2. The diaphragm pump of claim 1, wherein the first spool port is fluidly coupled to the exhaust chamber at least when the first diaphragm is in the turndown position, and the second sleeve port is fluidly coupled to the compressed fluid inlet.

3. The diaphragm pump of claim 1, further comprising a second diaphragm that separates a second cavity into a second motive fluid chamber and a second pumped media chamber, the second diaphragm being coupled to the first diaphragm such that the second diaphragm is configured to move reciprocally with the first diaphragm between the first and second end-of-stroke positions, the second diaphragm further being configured to stroke from the second end-of-stroke position to first end-of-stroke position in response to compressed fluid being communicated from the compressed fluid inlet to the second motive fluid chamber;

wherein the second sleeve port opens to the bore, the second sleeve port being fluidly coupled to the cut-off valve via the pilot line; and

wherein the spool is further formed to include a second spool port, the spool also being configured to move with the second diaphragm during at least a portion of the stroke of the second diaphragm such that the spool slides relative to the sleeve and, when the second diaphragm reaches the turndown position that is between the first and second end-of-stroke positions, the second spool port aligns with the second sleeve port to cause the second pilot signal to be supplied to the cut-off valve via the pilot line.

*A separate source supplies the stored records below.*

// Whether a list of steps is a certificate.
ghost use Rattle.std.specs.Prelude.{◌≡◌, ◌<◌, ◌≤◌, ◌↔◌, ◌∷◌, [], All, IsTrue, length};
ghost use Rattle.pj_shape.specs.Sound.{IsSoundSpec, FitSchemes};
ghost use Rattle.pj_shape.specs.Certificates.{IsCertificate};
ghost use Rattle.pj_cert.specs.Tests.{all_known as knows_all, can_use as usable, step_holds as holds, steps_hold as all_hold};

use crate::checks::are_bound;
use arrayvec::ArrayVec;
use pj_graph::is_among;
use pj_shape::{Cert, CertStep, ClassCol, JoinSpec, Scheme, Schemes};
use pj_value::List;

/// Whether these steps are a certificate of the input: every other input stands in the list once, and each step's scheme is
/// one of its input, with its marked columns in classes with a column of this input or of that of an earlier step.
pub fn verify(spec: &JoinSpec, schemes: &Schemes, input: u32, cert: &Cert) -> bool
    requires sound { IsSoundSpec spec.now }
    requires fitting { FitSchemes spec.now.inputs schemes.now }
    requires input { input < length spec.now.inputs }
    ensures { IsTrue result ↔ IsCertificate spec.now schemes.now input cert.now }
{
    steps_hold(spec, schemes, input, cert)
}

fn steps_hold(spec: &JoinSpec, schemes: &Schemes, input: u32, cert: &Cert) -> bool
    requires sound { IsSoundSpec spec.now }
    requires fitting { FitSchemes spec.now.inputs schemes.now }
    requires input { input < length spec.now.inputs }
    ensures { result ≡ all_hold spec.now schemes.now (input ∷ []) cert.now }
{
    let mut known: ArrayVec<u32, 16> = ArrayVec::new();
    known.push(input);
    for n in 0..cert.len() {
        let step = *cert.at(n);
        if !step_holds(spec, schemes, known.as_slice(), step) {
            return false;
        }
        known.push(step.input);
    }
    all_known(known.as_slice(), spec.inputs.len())
}

fn step_holds(spec: &JoinSpec, schemes: &Schemes, known: &[u32], step: CertStep) -> bool
    requires sound { IsSoundSpec spec.now }
    requires fitting { FitSchemes spec.now.inputs schemes.now }
    ensures { result ≡ holds spec.now schemes.now known.now step }
{
    if is_among(known, step.input) || step.input as usize >= schemes.len() {
        return false;
    }
    let list = schemes.at(step.input as usize).as_slice();
    can_use(spec.classes.as_slice(), known, step, list)
}

fn can_use(classes: &[List<ClassCol>], known: &[u32], step: CertStep, list: &[Scheme]) -> bool
    requires { All (λ marks. length marks ≤ 120) list.now }
    ensures { result ≡ usable classes.now known.now step.input list.now step.scheme }
{
    let scheme = step.scheme as usize;
    if scheme >= list.len() {
        return false;
    }
    are_bound(classes, known, step.input, &list[scheme])
}

fn all_known(known: &[u32], count: usize) -> bool
    requires { count ≤ 16 }
    ensures { result ≡ knows_all known.now count }
{
    for k in 0..count {
        if !is_among(known, k as u32) {
            return false;
        }
    }
    true
}
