// Laws of rows that escape, as contracts of functions that do nothing.
ghost use Rattle.pj_cert.specs.Laws.{EscapesAll, FindsLeastNumber, FindsText};

/// Where the inputs that are reached are closed, no list of instances of the others can end the need for a row of a reached
/// input: whatever instances are listed, there are rows, with this one among them, that join and of which none of an input
/// that is not reached matches a listed instance. So its partners may come whatever is promised.
pub fn escaping_is_lawful()
    ensures { EscapesAll }
{}

/// The fresh number of rows that escape is the least that is none of the listed constants, and the fresh text is none.
pub fn fresh_values_are_new()
    ensures number { FindsLeastNumber }
    ensures text { FindsText }
{}
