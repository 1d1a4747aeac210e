// Saving a damaged record file (02 c): a machine that is fed the file in any chunks and gives back what to keep and what to skip, in a
// room that the caller lends. Meaning: specs/. Refusals: none; any bytes are taken.
#![tactic(auto)]

mod choices;
mod salvages;
mod stretches;

pub use salvages::{Fed, First, Progress, Run, Salvage, Settled, Totals};
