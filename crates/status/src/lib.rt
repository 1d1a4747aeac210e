// How a tool's run is started and how it ended: `--status-fd N` in front of all other arguments, `--version`, the usage, and the digit that is the tool's last act (docs/LINES.md, "The
// status"). A program has no exit status; `./bus` makes the digit one. Meaning: specs/Statuses.antt. Refusals: none; what is wrong with an argument is said on standard error.
#![tactic(auto)]

mod arguments;
mod fronts;
mod statuses;

pub use arguments::{
    Asked, ask, asks_help, count_arguments, is_at, is_name, is_option, typed_number,
};
pub use fronts::{Begun, Front, VERSION, begin, run, show_usage};
pub use statuses::Status;
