// Arguments that all tools read alike: what one is, its number as it was typed, whether it is a name (docs/LINES.md). Which arguments there are the system hands out, and no
// contract can say: what each function gives whichever they are, it promises. Meaning: specs/Arguments.antt. Refusals: none; what is wrong with an argument is said on
// standard error.
ghost use Rattle.std.specs.Prelude.{◌≡◌, true, false, ◌⊎◌, ◌<◌, ◌≤◌, length, IfOk, IsOkAnd};
ghost use Rattle.status.specs.Arguments.{wanted_most, is_help, is_option, typed_of};

use lines::{is_same, remark};
use std::env::{Env, FillError};

// What asking for an argument gave: how many bytes of it stand at the front of the text, or that there is none or that it is longer than the text. The text stays the
// caller's, who cuts it: no library takes memory of its own.
pub type Asked = Result<usize, FillError>;

// Asks for the argument at a place; that at 0 is the program.
// Tables: text holds it at its front. Refusals: none.
pub fn ask(rt: HostRuntime, place: usize, text: &mut [u8]) -> Asked
    ensures length { IfOk result (λ count. count ≤ length text.new) }
{
    rt.arg(place, text)
}

// Says whether there is an argument at a place.
fn is_there(rt: HostRuntime, place: usize) -> bool {
    let mut text = [0u8; 1];
    !matches!(rt.arg(place, &mut text), Err(FillError::NotPresent))
}

// Gives how many arguments there are, the program with them.
// Tables: none. Refusals: none.
pub fn count_arguments(rt: HostRuntime) -> usize {
    for place in 0..usize::MAX {
        if !is_there(rt, place) {
            return place;
        }
    }
    usize::MAX
}

// Says whether the argument at a place is a text of at most 11 bytes. A longer one is read as none.
// Tables: wanted is only read. Refusals: none.
pub fn is_at(rt: HostRuntime, place: usize, wanted: &[u8]) -> bool
    ensures short { result ≡ true → length wanted.now ≤ wanted_most }
{
    let mut text = [0u8; 11];
    let length = ask(rt, place, &mut text).unwrap_or(0);
    is_same(&text[..length], wanted)
}

// Gives the number of the argument at a place as it was typed: `--status-fd N`, which `./bus` puts in front of all others, is not counted.
// Tables: none. Refusals: none.
pub fn typed_number(rt: HostRuntime, place: usize) -> usize
    ensures number { (result ≡ typed_of true place) ⊎ (result ≡ typed_of false place) }
{
    if place < 3 {
        return place;
    }
    if is_at(rt, 1, b"--status-fd") {
        return place - 2;
    }
    place
}

// Says whether a text asks for help.
fn is_help(text: &[u8]) -> bool
    ensures answer { result ≡ is_help text.now }
{
    is_same(text, b"--help") | is_same(text, b"-h")
}

// Says whether the argument at a place asks for help. A longer one is read as none, and does not.
// Tables: none. Refusals: none.
pub fn asks_help(rt: HostRuntime, place: usize) -> bool {
    let mut help = [0u8; 6];
    let length = ask(rt, place, &mut help).unwrap_or(0);
    is_help(&help[..length])
}

// Says whether an argument begins with a dash and has more behind it: then it is no name, unless it stands behind `--`.
// Tables: text is only read. Refusals: none.
pub fn is_option(text: &[u8]) -> bool
    ensures answer { result ≡ is_option text.now }
{
    text.len() >= 2 && text[0] == b'-'
}

// Says whether the argument that was asked for is the name of a file. Where it is none, standard error says why.
// Tables: program and which, the argument's name in the usage, are only read. Refusals: none.
pub fn is_name(program: &[u8], which: &[u8], asked: Asked) -> bool
    ensures empty { result ≡ true → IsOkAnd asked (λ count. 0 < count) }
{
    match asked {
        Err(FillError::TooLong) => {
            remark(program, which, b" is longer than a name can be: 4095 bytes");
            false
        }
        Err(FillError::NotPresent) | Ok(0) => {
            remark(program, which, b" is empty: it must be the name of a file");
            false
        }
        Ok(_) => true,
    }
}
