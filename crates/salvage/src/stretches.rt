// Stretches of bytes that are kept, and of bytes that are skipped (02 c). Meaning: specs/Machine.antt. Refusals: none.
ghost use Rattle.std.specs.Prelude.{◌≡◌};
ghost use Rattle.salvage.specs.Machine.{kept_from, skips_from};

use crate::choices::choose;
use records::RECORD_BYTES;
use words::Moment;

// How many bytes are kept, and the time of the record that was kept last.
#[derive(Clone, Copy)]
pub(crate) struct Stretch {
    pub(crate) bytes: usize,
    pub(crate) last: Option<Moment>,
}

// Gives the stretch of records at the front of the bytes that are kept, one after the other.
pub(crate) fn keep_stretch(last: Option<Moment>, bytes: &[u8]) -> Stretch
    ensures stretch { result ≡ kept_from last bytes.now }
{
    let mut kept = last;
    let mut at = 0;
    for record in bytes.chunks_exact(RECORD_BYTES) {
        let Ok(time) = choose(kept, record) else {
            return Stretch {
                bytes: at,
                last: kept,
            };
        };
        kept = Some(time);
        at += RECORD_BYTES;
    }
    Stretch {
        bytes: at,
        last: kept,
    }
}

// Both stretches have a function: one goes on by a record and remembers its time, the other by a byte and counts strays, so that one for both would ask which it is at
// each step.

// How many bytes are skipped, and at how many of their places a record stands that is refused for its time alone.
#[derive(Clone, Copy)]
pub(crate) struct Skipped {
    pub(crate) bytes: usize,
    pub(crate) strays: usize,
}

// Gives what is skipped at the front of the bytes, up to a record that is kept or to where fewer than 16 bytes are left.
pub(crate) fn skip_stretch(last: Option<Moment>, bytes: &[u8]) -> Skipped
    ensures skipped { result ≡ skips_from last bytes.now }
{
    let mut at = 0;
    let mut strays = 0;
    for place in bytes.windows(RECORD_BYTES) {
        let Err(stray) = choose(last, place) else {
            return Skipped { bytes: at, strays };
        };
        strays += stray;
        at += 1;
    }
    Skipped { bytes: at, strays }
}
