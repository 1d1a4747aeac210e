// The front of a call: `--status-fd N` and `--version`, before all else (docs/LINES.md, "The status"). What the system hands out and takes no contract can say: what each
// function gives whatever that is, it promises. Meaning: specs/Fronts.antt. Refusals: none.
ghost use Rattle.std.specs.Prelude.{◌≡◌, ℕ, true, false, None, ◌⊎◌, ◌≤◌, length, IfSome};
ghost use Rattle.status.specs.Fronts.{descriptor_of, is_number, front_of, front_in, usage_of};

use crate::arguments::{ask, is_at};
use crate::statuses::Status;
use lines::{Sink, Target, complain, number_of, read_decimal, remark};
use std::fs::{OpenOptions, metadata, symlink_metadata};
use std::io::{Print, Write};
use std::os::unix::fs::{FileTypeExt, MetadataExt};

const STDERR: i32 = 2;

// the system's own numbers, which it gives and gets back for its words, for what fails, for a descriptor that is not open for that, and for a pipe that nobody reads
const IO_ERROR: i32 = 5;

const BAD_DESCRIPTOR: i32 = 9;

const BROKEN_PIPE: i32 = 32;

// that of CHANGELOG.md's first entry
pub const VERSION: [u8; 6] = *b"0.21.0";

// The descriptor to which the run's end is to be told, if it is, and the place of the first argument behind that.
#[derive(Clone, Copy)]
pub struct Front {
    pub fd: Option<i32>,
    pub first: usize,
}

// What the front of a call asks: to go on with the arguments behind it, or nothing more, the run having ended so.
pub type Begun = Result<Front, (Front, Status)>;

// Gives the descriptor that a text spells, if it is one of the system's numbers.
fn descriptor_of(text: &[u8]) -> Option<i32>
    ensures descriptor { result ≡ descriptor_of text.now }
{
    i32::try_from(read_decimal(text)?).ok()
}

// Gives the path under which the system shows a descriptor, and its length: a text of its own would need the heap.
fn path_of(fd: i32) -> ([u8; 28], usize)
    ensures within { result.1 ≤ length result.0 }
{
    let mut path = *b"/dev/fd/                    ";
    let mut digits = [0u8; 20];
    let count = io::decimal(fd.unsigned_abs() as u64, &mut digits);
    path[8..8 + count].copy_from_slice(&digits[..count]);
    (path, 8 + count)
}

// Says whether a descriptor is open. One that is not would become that of the next file that is opened, and the digit would go there. Where the system shows no
// descriptors, each is taken for open.
fn is_open(rt: HostRuntime, fd: i32) -> bool {
    let (path, length) = path_of(fd);
    std::str::from_utf8(&path[..length]).map_or(true, |text| {
        symlink_metadata(&rt, text).is_ok() | metadata(&rt, "/dev/fd").is_err()
    })
}

// Says whether a descriptor is open for writing, as the system shows it: the one who has it may write to it.
fn is_for_writing(rt: HostRuntime, path: &str) -> bool {
    symlink_metadata(&rt, path).map_or(true, |shown| shown.mode() & 0o200 != 0)
}

// Gives the system's number for why a device takes nothing, by a second try: nothing that a device was sent can be lost by it.
fn failure_of_device(rt: HostRuntime, path: &str, digit: u8) -> i32 {
    match OpenOptions::new().write(true).open(&rt, path) {
        Ok(mut device) => match device.write(&[digit]) {
            Ok(_) => IO_ERROR,
            Err(error) => number_of(error),
        },
        Err(error) => number_of(error),
    }
}

// Gives the system's number for why the file at a path took nothing, by what it is: a file is not written to once more.
fn failure_by_kind(rt: HostRuntime, path: &str, digit: u8) -> i32 {
    let Ok(shown) = metadata(&rt, path) else {
        return BAD_DESCRIPTOR;
    };
    let kind = shown.file_type();
    if kind.is_char_device() {
        return failure_of_device(rt, path, digit);
    }
    if kind.is_fifo() | kind.is_socket() {
        return BROKEN_PIPE;
    }
    IO_ERROR
}

// Gives the system's number for why a descriptor took nothing.
fn failure_at(rt: HostRuntime, fd: i32, digit: u8) -> i32 {
    let (path, length) = path_of(fd);
    let Ok(text) = std::str::from_utf8(&path[..length]) else {
        return IO_ERROR;
    };
    if !is_for_writing(rt, text) {
        return BAD_DESCRIPTOR;
    }
    failure_by_kind(rt, text, digit)
}

impl Front {
    // Gives the front of a call that asks for no digit.
    fn untold() -> Front
        ensures front { result ≡ front_of None }
    {
        Front { fd: None, first: 1 }
    }

    // Ends a run: writes the digit, where it is asked for, as the tool's last act.
    // Tables: program is only read. Refusals: none.
    pub fn end(self, rt: HostRuntime, program: &[u8], status: Status)
        ensures program { program.exit.now ≡ program.entry.now }
    {
        let Some(fd) = self.fd else {
            return;
        };
        if !io::write_all(fd, &[status.digit()]) {
            let why = failure_at(rt, fd, status.digit());
            complain(program, b"--status-fd", why);
        }
    }
}

// Says what is wrong with `--status-fd`.
fn refuse(front: Front, program: &[u8], why: &[u8]) -> Begun
    ensures front { front_in result ≡ front }
{
    remark(program, b"--status-fd", why);
    Err((front, Status::Usage))
}

// Writes "PROGRAM VERSION".
fn write_version(rt: HostRuntime, program: &[u8]) -> Status {
    let mut block = io::large_buffer();
    let after = Sink::to(Target::Output(rt.stdout()))
        .put_text(&mut block, program)
        .put(&mut block, b' ')
        .put_text(&mut block, &VERSION)
        .put(&mut block, b'\n')
        .flush_told(&block, program);
    Status::of(after.failure.is_none())
}

// Writes how a program is called: to standard output where that was asked for, and to standard error where it was called wrongly.
// Tables: program and usage are only read. Refusals: none.
pub fn show_usage(rt: HostRuntime, program: &[u8], usage: &[u8], asked: bool) -> Status
    ensures status { (result ≡ usage_of asked true) ⊎ (result ≡ usage_of asked false) }
{
    if !asked {
        io::write_all(STDERR, usage);
        return Status::Usage;
    }
    match Print::write_all(&rt, usage) {
        Ok(()) => Status::of(true),
        Err(error) => {
            complain(program, b"standard output", number_of(error));
            Status::of(false)
        }
    }
}

// Runs a tool as its call asks: what the front of the call asks for, or the tool from the place of the first argument behind it. Then it says how that ended.
// Tables: program is only read. Refusals: none.
pub fn run<T: FnOnce(usize) -> Status>(rt: HostRuntime, program: &[u8], tool: T)
    requires tool { (first : ℕ) → T.pre tool first }
    ensures program { program.exit.now ≡ program.entry.now }
{
    let (front, status) = match begin(rt, program) {
        Ok(front) => (front, tool(front.first)),
        Err(over) => over,
    };
    front.end(rt, program, status);
}

// Gives what is asked behind `--status-fd N`, or where there is none.
fn begin_behind(rt: HostRuntime, front: Front, program: &[u8]) -> Begun
    ensures front { front_in result ≡ front }
{
    if is_at(rt, front.first, b"--status-fd") {
        return refuse(front, program, b" is given twice");
    }
    if is_at(rt, front.first, b"--version") {
        return Err((front, write_version(rt, program)));
    }
    Ok(front)
}

// Gives what the front of a call asks. Where it asks for the version, that is written; where it is wrong, standard error says how.
// Tables: program is only read. Refusals: none.
pub fn begin(rt: HostRuntime, program: &[u8]) -> Begun
    ensures front { front_in result ≡ front_of (front_in result).fd }
    ensures file { IfSome (front_in result).fd (λ fd. is_number fd ≡ true) }
{
    let untold = Front::untold();
    if !is_at(rt, 1, b"--status-fd") {
        return begin_behind(rt, untold, program);
    }
    let mut text = [0u8; 20];
    let length = ask(rt, 2, &mut text).unwrap_or(0);
    let Some(fd) = descriptor_of(&text[..length]) else {
        return refuse(
            untold,
            program,
            b" wants the number of an open descriptor, 0 to 2147483647",
        );
    };
    if !is_open(rt, fd) {
        return refuse(untold, program, b" names a descriptor that is not open");
    }
    let front = Front {
        fd: Some(fd),
        first: 3,
    };
    begin_behind(rt, front, program)
}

4. The diaphragm pump of claim 3, wherein the spool couples the second diaphragm to the first diaphragm such that the second diaphragm is configured to move reciprocally with the first diaphragm between the first and second end-of-stroke positions.

5. The diaphragm pump of claim 3, further comprising a shaft that couples the second diaphragm to the first diaphragm such that the second diaphragm is configured to move reciprocally with the first diaphragm between the first and second end-of-stroke positions, wherein the spool extends parallel to the shaft.

6. The diaphragm pump of claim 5, wherein:

the second diaphragm engages the spool during at least a portion of the stroke of the first diaphragm to cause the spool to slide relative to the sleeve; and

the first diaphragm engages the spool during at least a portion of the stroke of the second diaphragm to cause the spool to slide relative to the sleeve.

7. The diaphragm pump of claim 3, wherein the spool is further formed to include:

a second passageway extending along the longitudinal axis between the second spool port and a second end of the spool that extends into the second motive fluid chamber, such that the second spool port is fluidly coupled to the second motive fluid chamber at least when the first and second diaphragms are in the turndown position.

8. The diaphragm pump of claim 1, wherein the first sleeve port is fluidly coupled to the exhaust chamber, and the third sleeve port is fluidly coupled to the compressed fluid inlet.